**WHAT TO PRODUCE**: Please reproduce the full set of data below exactly.

(Data excerpts)
===

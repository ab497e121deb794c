// Reads cases of the public calls, one a line, makes each call on lent memory, and prints what it answers and leaves there.
#![tactic(auto)]

mod case;
mod edit;
mod reply;

use case::Memory;
use cases::stream;
use lines::page;
use std::io;
use std::io::{BufWriter, Read, Write};

// The answer to each line of the text.
fn answers<W: Write>(text: &[u8], page: &mut W, memory: &mut Memory) -> io::Result<()> {
    for line in text.split_inclusive(|byte| *byte == b'\n') {
        case::print_line(line.strip_suffix(b"\n").unwrap_or(line), page, memory)?;
    }
    Ok(())
}

// The answer to each line of the input, through the buffer. Nothing says that an input ends, so the turns are counted.
fn replay<R: Read, W: Write>(
    input: &mut R,
    buffer: &mut [u8],
    page: &mut W,
    memory: &mut Memory,
) -> io::Result<()> {
    let mut kept = 0;
    for _ in 0..u64::MAX {
        let filled = stream::fill(input, buffer, kept)?;
        let end = stream::ready(buffer, filled);
        if end == 0 {
            return left_over(page, filled);
        }
        answers(&buffer[..end], page, memory)?;
        kept = stream::to_front(buffer, end, filled);
    }
    Ok(())
}

// What is said of bytes that no line holds: that a line is longer than the buffer.
fn left_over<W: Write>(page: &mut W, count: usize) -> io::Result<()> {
    if count == 0 {
        return Ok(());
    }
    writeln!(page, "a line is too long")
}

// Owns all the memory, and lends it.
fn main(rt: HostRuntime) -> io::Result<()> {
    let mut input = rt.reader();
    let mut buffer = vec![in rt.alloc(); 0u8; 262144]?;
    let mut page = BufWriter::new(rt.alloc(), io::writer(&rt))?;
    let mut memory = Memory {
        path: vec![in rt.alloc(); 0i32; 16384]?,
        room: vec![in rt.alloc(); 0i32; 131072]?,
        store: vec![in rt.alloc(); 0u8; 524288]?,
    };
    replay(&mut input, &mut buffer, &mut page, &mut memory)?;
    page::finish(&mut page)
}
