// Keep, damage, read and replace after one another on one store.
use crate::case::{Memory, no_case};
use crate::reply;
use calls::{keep, read, replace};
use cases::answer::print_with;
use cases::head::{Damage, Lent, Place};
use cases::{canary, entries};
use lines::page;
use lines::token::Numbers;
use replies::Refusal;
use std::io;
use std::io::Write;

// The bytes that a kept path asks for, 0 if it is refused anyhow.
fn asked(path: &[i32], grade: u32) -> usize {
    match keep(path, grade, &mut []) {
        Err(Refusal::NoRoom(needed)) => needed,
        _ => 0,
    }
}

// How long a store an edit is lent: the bytes that the path asks for, which the line goes on with, and `lent.room` more.
fn store_length(numbers: &mut Numbers<'_>, lent: Lent, path: &mut [i32]) -> Option<usize> {
    entries::read(numbers, path)?;
    asked(path, lent.grade).checked_add(lent.room)
}

// Adds to the byte at a place, if there is one.
fn damage_store(store: &mut [u8], damage: Damage) {
    if let Some(byte) = store.get_mut(damage.at) {
        *byte = byte.wrapping_add(damage.value);
    }
}

// The answers of the three calls, on one store; the path is read back into as many numbers as it has.
fn print_calls<W: Write>(
    page: &mut W,
    grade: u32,
    damage: Damage,
    place: Place,
    path: &[i32],
    room: &mut [i32],
    store: &mut [u8],
) -> io::Result<()> {
    canary::fill(store);
    let kept = reply::of(keep(path, grade, store));
    print_with(page, kept, store)?;
    if kept.reply != 0 {
        return Ok(());
    }
    damage_store(store, damage);
    canary::fill(room);
    let outcome = reply::of_read(read(store, room));
    page::space(page)?;
    print_with(page, outcome, room)?;
    let replaced = replace(store, place.index, place.x, place.y, place.radius);
    page::space(page)?;
    print_with(page, reply::of(replaced), store)
}

// The answer to an edit, if the memory here holds it.
pub fn print_edit<W: Write>(
    numbers: &mut Numbers<'_>,
    page: &mut W,
    lent: Lent,
    damage: Damage,
    place: Place,
    memory: &mut Memory,
) -> io::Result<()> {
    let Some(path) = memory.path.as_mut_slice().get_mut(..lent.count) else {
        return no_case(page);
    };
    let Some(room) = memory.room.as_mut_slice().get_mut(..lent.count) else {
        return no_case(page);
    };
    let Some(length) = store_length(numbers, lent, path) else {
        return no_case(page);
    };
    let Some(store) = memory.store.as_mut_slice().get_mut(..length) else {
        return no_case(page);
    };
    print_calls(page, lent.grade, damage, place, path, room, store)
}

===

**SOLVED EXERCISE**:
repository ab497e121deb794c
// Reads cases of the public calls, one a line, makes each call on lent memory, and prints what it answers and leaves there.
#![tactic(auto)]

mod case;
mod edit;
mod reply;

use case::Memory;
use cases::stream;
use lines::page;
use std::io;
use std::io::{BufWriter, Read, Write};

// The answer to each line of the text.
fn answers<W: Write>(text: &[u8], page: &mut W, memory: &mut Memory) -> io::Result<()> {
    for line in text.split_inclusive(|byte| *byte == b'\n') {
        case::print_line(line.strip_suffix(b"\n").unwrap_or(line), page, memory)?;
    }
    Ok(())
}

// The answer to each line of the input, through the buffer. Nothing says that an input ends, so the turns are counted.
fn replay<R: Read, W: Write>(
    input: &mut R,
    buffer: &mut [u8],
    page: &mut W,
    memory: &mut Memory,
) -> io::Result<()> {
    let mut kept = 0;
    for _ in 0..u64::MAX {
        let filled = stream::fill(input, buffer, kept)?;
        let end = stream::ready(buffer, filled);
        if end == 0 {
            return left_over(page, filled);
        }
        answers(&buffer[..end], page, memory)?;
        kept = stream::to_front(buffer, end, filled);
    }
    Ok(())
}

// What is said of bytes that no line holds: that a line is longer than the buffer.
fn left_over<W: Write>(page: &mut W, count: usize) -> io::Result<()> {
    if count == 0 {
        return Ok(());
    }
    writeln!(page, "a line is too long")
}

// Owns all the memory, and lends it.
fn main(rt: HostRuntime) -> io::Result<()> {
    let mut input = rt.reader();
    let mut buffer = vec![in rt.alloc(); 0u8; 262144]?;
    let mut page = BufWriter::new(rt.alloc(), io::writer(&rt))?;
    let mut memory = Memory {
        path: vec![in rt.alloc(); 0i32; 16384]?,
        room: vec![in rt.alloc(); 0i32; 131072]?,
        store: vec![in rt.alloc(); 0u8; 524288]?,
    };
    replay(&mut input, &mut buffer, &mut page, &mut memory)?;
    page::finish(&mut page)
}
// Keep, damage, read and replace after one another on one store.
use crate::case::{Memory, no_case};
use crate::reply;
use calls::{keep, read, replace};
use cases::answer::print_with;
use cases::head::{Damage, Lent, Place};
use cases::{canary, entries};
use lines::page;
use lines::token::Numbers;
use replies::Refusal;
use std::io;
use std::io::Write;

// The bytes that a kept path asks for, 0 if it is refused anyhow.
fn asked(path: &[i32], grade: u32) -> usize {
    match keep(path, grade, &mut []) {
        Err(Refusal::NoRoom(needed)) => needed,
        _ => 0,
    }
}

// How long a store an edit is lent: the bytes that the path asks for, which the line goes on with, and `lent.room` more.
fn store_length(numbers: &mut Numbers<'_>, lent: Lent, path: &mut [i32]) -> Option<usize> {
    entries::read(numbers, path)?;
    asked(path, lent.grade).checked_add(lent.room)
}

// Adds to the byte at a place, if there is one.
fn damage_store(store: &mut [u8], damage: Damage) {
    if let Some(byte) = store.get_mut(damage.at) {
        *byte = byte.wrapping_add(damage.value);
    }
}

// The answers of the three calls, on one store; the path is read back into as many numbers as it has.
fn print_calls<W: Write>(
    page: &mut W,
    grade: u32,
    damage: Damage,
    place: Place,
    path: &[i32],
    room: &mut [i32],
    store: &mut [u8],
) -> io::Result<()> {
    canary::fill(store);
    let kept = reply::of(keep(path, grade, store));
    print_with(page, kept, store)?;
    if kept.reply != 0 {
        return Ok(());
    }
    damage_store(store, damage);
    canary::fill(room);
    let outcome = reply::of_read(read(store, room));
    page::space(page)?;
    print_with(page, outcome, room)?;
    let replaced = replace(store, place.index, place.x, place.y, place.radius);
    page::space(page)?;
    print_with(page, reply::of(replaced), store)
}

// The answer to an edit, if the memory here holds it.
pub fn print_edit<W: Write>(
    numbers: &mut Numbers<'_>,
    page: &mut W,
    lent: Lent,
    damage: Damage,
    place: Place,
    memory: &mut Memory,
) -> io::Result<()> {
    let Some(path) = memory.path.as_mut_slice().get_mut(..lent.count) else {
        return no_case(page);
    };
    let Some(room) = memory.room.as_mut_slice().get_mut(..lent.count) else {
        return no_case(page);
    };
    let Some(length) = store_length(numbers, lent, path) else {
        return no_case(page);
    };
    let Some(store) = memory.store.as_mut_slice().get_mut(..length) else {
        return no_case(page);
    };
    print_calls(page, lent.grade, damage, place, path, room, store)
}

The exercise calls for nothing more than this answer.